• [Directions for this task]
Provide nothing except how many lines of the data contain the word "self".

(Saved data entries)
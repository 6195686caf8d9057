// The table of SAs. A table made here has blank places past its count; a table that comes in may hold anything there.
// Internal: crates of this repository alone call it.
#![tactic(auto)]

pub mod change;
pub mod test;

ghost use Rattle.std.specs.Prelude.{◌≡◌, []};
ghost use Rattle.state_keys.specs.Limits.{limits};
ghost use Rattle.state_table.specs.Table.{table_of};

use state_keys::limits::SAS;
use state_sa::entry::Sa;

// A table: its SAs are the first `count` of `sas`.
// Kept as an array with its count, since memory is fixed.
#[derive(Clone, Copy, PartialEq, Eq)]
pub struct Table {
    pub sas: [Sa; SAS],
    pub count: usize,
}

impl Table {
    // Makes a table with no SA.
    pub fn new() -> Table
        ensures { result ≡ table_of limits [] }
    {
        let none = [Sa::blank(); SAS];
        Table {
            sas: none,
            count: 0,
        }
    }
}
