// Changes of a table, and the count of its SAs that are not due.
ghost use Rattle.std.specs.Prelude.{◌≡◌, ◌||◌};
ghost use Rattle.state_keys.specs.Limits.{limits};
ghost use Rattle.state_sa.specs.Entry.{sa_before};
ghost use Rattle.state_table.specs.Table.{swept, empty_at};
ghost use Rattle.state_table.specs.inner.Changes.{standing_count};

use crate::Table;
use state_keys::limits::SAS;
use state_sa::entry::Sa;

// Whether `a` goes ahead of `s` while an SA is inserted. `placed` says that the inserted SA has its place already: from there on all SAs
// move back by one, and `a` is the one that has to move. Before that, `a` is the inserted SA, and the order of the table decides.
pub fn goes_ahead(placed: bool, a: Sa, s: Sa) -> bool
    ensures { result ≡ (placed || sa_before a s) }
{
    placed || a.before(s)
}

impl Table {
    // Removes the SAs that are due at `tick`. A table whose count is over the limit stays as it is.
    pub fn sweep(self, tick: u32) -> Table
        ensures { result ≡ swept limits tick self }
    {
        let n = self.count;
        if SAS < n {
            return self;
        }
        let mut out = [Sa::blank(); SAS];
        let mut k: usize = 0;
        for i in 0..n {
            let s = self.sas[i];
            if !s.due(tick) {
                out[k] = s;
                k += 1;
            }
        }
        Table { sas: out, count: k }
    }

    // Counts the SAs that are not due at `tick`. A count over the limit is answered as it is.
    pub fn count_standing(self, tick: u32) -> usize
        ensures { result ≡ standing_count limits tick self }
    {
        let n = self.count;
        if SAS < n {
            return n;
        }
        let mut k: usize = 0;
        for s in &self.sas[..n] {
            if !s.due(tick) {
                k += 1;
            }
        }
        k
    }

    // Whether every SA, if any, is due at `tick`.
    pub fn is_empty(self, tick: u32) -> bool
        ensures { result ≡ empty_at limits tick self }
    {
        self.count_standing(tick) == 0
    }
}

• [Solution to this task]
12